Man's Way and God's.

John
THERE are four groups of words in the closing chapters of the Gospel of John which, taken together in the order in which they come, give us God’s order in the blessing of souls.
In chapter 19:30 we have the three precious words, “It is finished.” Not, “I have finished,” as though He had done part of the redeeming work, and left the other part for us, but “It is finished.” All the work was done.
A poor old woman, in her eightieth year, came one evening to a cottage meeting in a small hamlet in South Lincolnshire. She was among that vast number of honest though mistaken souls who are “doing their best” for salvation. She had taught herself to read when more than fifty years of age, so that she might, among other good things, read the Bible for herself. After this she made it her practice for many years to stay up every Saturday night an hour later than the rest of the family to read and pray, in order to fit herself, as she thought, to spend a holy day on the Sunday, considering that this would “go a long way toward her salvation”!
However, one night she attended a cottage meeting, and heard of the “finished work of Christ.” This completely changed the whole aspect of things in her soul, and, with tears chasing each other down her deeply furrowed face she exclaimed at the close of the meeting, “To think I have been doing so much all these years to get salvation, and now to find the work was finished on the cross by Jesus?”
Yes, reader, “it is finished”; and your part, if you would find salvation, is to believe on Him who did that precious finished work.
Then come those three gracious words from the lips of the risen Saviour to the trembling hearts of His poor followers
“PEACE UNTO YOU (22:19).
It is knowing that the Saviour’s precious blood and, finished work have righteously and fully met all that God had against us that gives the guilty conscience peace. The chastisement to effect our peace was laid upon Him, and “with His stripes we are healed.”

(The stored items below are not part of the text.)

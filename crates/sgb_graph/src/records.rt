//! The arc records of a graph, in little memory: where each leads, and its utility fields beside.
ghost use Rattle.std.specs.Prelude.{◌≡◌, ◌<◌, ◌+◌, ◌++◌, ◌^◌, ◌&&◌, ℕ, [], ◌∷◌, length, option_map, slice_get, Some, IfSome, OnOk, OnErr};
ghost use Rattle.sgb_graph.specs.Columns.{arc_seen};
ghost use Rattle.sgb_graph.specs.Sound.{util_fits};
ghost use Rattle.sgb_graph.specs.inner.Columns.{column_kind, util_kind, values};
ghost use Rattle.sgb_graph.specs.Graphs.{arc_record};
ghost use Rattle.std.specs.List.{list_all};
ghost use Rattle.sgb_graph.specs.inner.Fitting.{record_fits_by};
ghost use Rattle.sgb_graph.specs.inner.KeptRecords.{plain_fits, plain_records};
ghost use Rattle.sgb_graph.specs.declared.fields.Kind.TheVariants.{Z};

use crate::columns::Column;
use crate::fields::{ArcRec, ArcRef, Kind, Ref};
use crate::kept_numbers::read_number;
use crate::leads::{Leads, PlainRecord};
use std::alloc::{AllocError, Global};
use std::marker::Model;

// The arc records of a graph, one after another, and their utility fields a and b beside them.
#[derive(Drop)]
pub(crate) struct Records {
    plain: Leads,
    a: Column,
    b: Column,
}

impl Model for Records {
    ghost use Rattle.std.specs.Prelude.{length};
    ghost use Rattle.sgb_graph.specs.inner.Columns.{HoldsMany};
    ghost use Rattle.sgb_graph.specs.inner.KeptRecords.{KeptRecords, kept_records, plain_records};

    ghost Value = { KeptRecords };

    ghost view = { λ r. kept_records (plain_records r.plain) r.a r.b };

    ghost invariant = { λ r. HoldsMany (length (plain_records r.plain)) r.a
        × HoldsMany (length (plain_records r.plain)) r.b };
}

impl Records {
    // No records, whose utility fields a and b are of these kinds. It takes no memory.
    pub(crate) fn new(alloc: Global, a: Kind, b: Kind) -> Records
        ensures { result ≡ record { a = a; b = b; items = [] } }
    {
        Records {
            plain: Leads::new(alloc),
            a: Column::new(alloc, a),
            b: Column::new(alloc, b),
        }
    }

    // The number of records.
    pub(crate) fn len(&self) -> usize
        ensures count { result ≡ length self.now.items }
        ensures small { result < 2 ^ 63 }
    {
        self.plain.len()
    }

    // What the utility fields a and b hold.
    pub(crate) fn kinds(&self) -> [Kind; 2]
        ensures { result ≡ self.now.a ∷ self.now.b ∷ [] }
    {
        [self.a.kind(), self.b.kind()]
    }

    // Record k, below the number of records.
    #[inline(always)]
    pub(crate) fn get(&self, k: usize) -> ArcRef<'_>
        requires { k < length self.now.items }
        ensures { slice_get self.now.items k ≡ Some (arc_seen result) }
    {
        let plain = self.plain.at(k);
        ArcRef {
            tip: plain.tip,
            next: read_number(plain.next),
            len: plain.len,
            a: self.a.get(k),
            b: self.b.get(k),
        }
    }

    // Where record k leads, the next one, and its length, without the utility fields. k is below the number of records.
    #[inline(always)]
    pub(crate) fn lead(&self, k: usize) -> (Ref, Option<usize>, i64)
        requires { k < length self.now.items }
        ensures tip { option_map (λ r. r.tip) (slice_get self.now.items k) ≡ Some result.0 }
        ensures next { option_map (λ r. r.next) (slice_get self.now.items k) ≡ Some result.1 }
        ensures len { option_map (λ r. r.len) (slice_get self.now.items k) ≡ Some result.2 }
    {
        let plain = self.plain.at(k);
        (plain.tip, read_number(plain.next), plain.len)
    }

    // Whether the fields of each record fit n vertices and as many records as there are.
    pub(crate) fn fit(&self, n: usize) -> bool
        ensures { result ≡ list_all (record_fits_by n (length self.now.items)
            (self.now.a ∷ self.now.b ∷ [])) self.now.items }
    {
        all_fit(&self.plain, &self.a, &self.b, n, self.plain.len())
    }

    // Takes room for so many records more, but not for their utility fields. The records stay, whether there is room or not.
    pub(crate) fn reserve(&mut self, count: usize) -> Result<(), AllocError>
        ensures { self.new ≡ self.old }
    {
        self.plain.reserve(count)
    }

    // Puts a record, whose utility fields are of the kinds here, after the others.
    #[inline(always)]
    pub(crate) fn push(&mut self, arc: ArcRec) -> Result<(), AllocError>
        requires kinds { (util_kind arc.a ≡ self.old.a) × (util_kind arc.b ≡ self.old.b) }
        requires next { IfSome arc.next (λ k. k + 1 < 2 ^ 64) }
        ensures ok { OnOk result (self.new
            ≡ record self.old { items = self.old.items ++ arc ∷ [] }) }
        ensures err { OnErr result (self.new ≡ self.old) }
    {
        self.a.reserve()?;
        self.b.reserve()?;
        self.plain
            .push(PlainRecord::new(arc.tip, arc.next, arc.len))?;
        self.a.push(arc.a);
        self.b.push(arc.b);
        Ok(())
    }

    // Puts a record that leads to v, before the one given, after the others; the utility fields of records are not used.
    #[inline(always)]
    pub(crate) fn push_plain(
        &mut self,
        v: u32,
        after: Option<usize>,
        len: i64,
    ) -> Result<(), AllocError>
        requires plain { (self.old.a ≡ Z) × (self.old.b ≡ Z) }
        requires small { IfSome after (λ k. k + 1 < 2 ^ 64) }
        ensures ok { OnOk result (self.new
            ≡ record self.old { items = self.old.items ++ arc_record v after len ∷ [] }) }
        ensures err { OnErr result (self.new ≡ self.old) }
    {
        self.plain.push(PlainRecord::new(Ref::At(v), after, len))
    }

    // Puts two records of this length after the others, or neither: each leads to a vertex, before the record given.
    #[inline(always)]
    pub(crate) fn push_pair(
        &mut self,
        len: i64,
        high: u32,
        after_lower: Option<usize>,
        low: u32,
        after_higher: Option<usize>,
    ) -> Result<(), AllocError>
        requires plain { (self.old.a ≡ Z) × (self.old.b ≡ Z) }
        requires lower { IfSome after_lower (λ k. k + 1 < 2 ^ 64) }
        requires higher { IfSome after_higher (λ k. k + 1 < 2 ^ 64) }
        ensures ok { OnOk result (self.new ≡ record self.old {
          items = self.old.items
              ++ arc_record high after_lower len ∷ arc_record low after_higher len ∷ [];
        }) }
        ensures err { OnErr result (self.new ≡ self.old) }
    {
        let lower = PlainRecord::new(Ref::At(high), after_lower, len);
        let higher = PlainRecord::new(Ref::At(low), after_higher, len);
        self.plain.push_two(lower, higher)?;
        Ok(())
    }
}

// Whether all of these fit n vertices and m records.
fn all_fit(plain: &Leads, a: &Column, b: &Column, n: usize, m: usize) -> bool
    ensures { (k : ℕ) → result ≡ (list_all (plain_fits n m) (plain_records plain.now)
        && list_all (util_fits n m (column_kind a.now)) (values k a.now)
        && list_all (util_fits n m (column_kind b.now)) (values k b.now)) }
{
    plain.fit(n, m) && a.fits(n, m) && b.fits(n, m)
}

Then comes the Saviour’s challenge to Peter―
“LOVEST THOU ME?” (21:15).
It is when we see that He has laid down His life in meeting that which disturbed our peace―the judgment of God which our many sins deserve―that the affections of our hearts are drawn out to Him, and “we love Him, because He first loved us.”
Like Jonathan, who, when he saw David with the giant’s head in his hand, was knit in heart to the worthy victor, so are we drawn to love our Lord Jesus Christ in sincerity; and when love is in activity the response to the last three words before us, viz. —
“FOLLOW THOU ME” (21:22)
comes in as a natural consequence.
It is not hard to follow one we love, nor hard to love One who has laid down His life for us, and whose love will never end.

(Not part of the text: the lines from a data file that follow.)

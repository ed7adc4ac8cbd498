//! Passing all of some bytes on, over devices that take a part at a time.
ghost use Rattle.std.specs.Prelude.{◌≡◌, ◌<◌, true, IsOk, OnOk, length, is_err};
ghost use Rattle.sgb_file.specs.Devices.{change, IsPut};

use super::{Failed, Sink};

/// Puts all of `bytes`, in as many calls as the sink needs, and makes no call for no bytes. `Failed` where a call
/// failed: the sink then has a prefix of `bytes`, and has failed.
pub fn put_all<S: Sink>(sink: &mut S, bytes: &[u8]) -> Result<(), Failed>
    ensures put { IsPut bytes.now (change S.written S.has_failed sink.old sink.new) result }
    ensures sound { OnOk result (S.has_failed sink.new ≡ S.has_failed sink.old) }
    ensures stays_failed { S.has_failed sink.old ≡ true → S.has_failed sink.new ≡ true }
    ensures told { 0 < length bytes.now → S.has_failed sink.new ≡ is_err result }
    ensures empty { length bytes.now ≡ 0 → IsOk result }
    ensures no_call { length bytes.now ≡ 0 → sink.new ≡ sink.old }
{
    let mut rest = bytes;
    while !rest.is_empty() {
        let count = sink.put(rest)?;
        rest = &rest[count..];
    }
    Ok(())
}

Thus we have seen that God’s order is―
“It is finished.”
“Peace unto you.”
“Lovest thou Me?”
“Follow thou Me.
While man’s is the very reverse. He―
Tries to follow Christ,”
Tries to love Him,” and
“Hopes to get peace”
“When all is finished.
Which has my reader been adopting? Remember that “there is a way which seemeth right unto a man, but the end thereof are the ways of death.” If you would have God’s salvation you must bow to God’s way of getting it.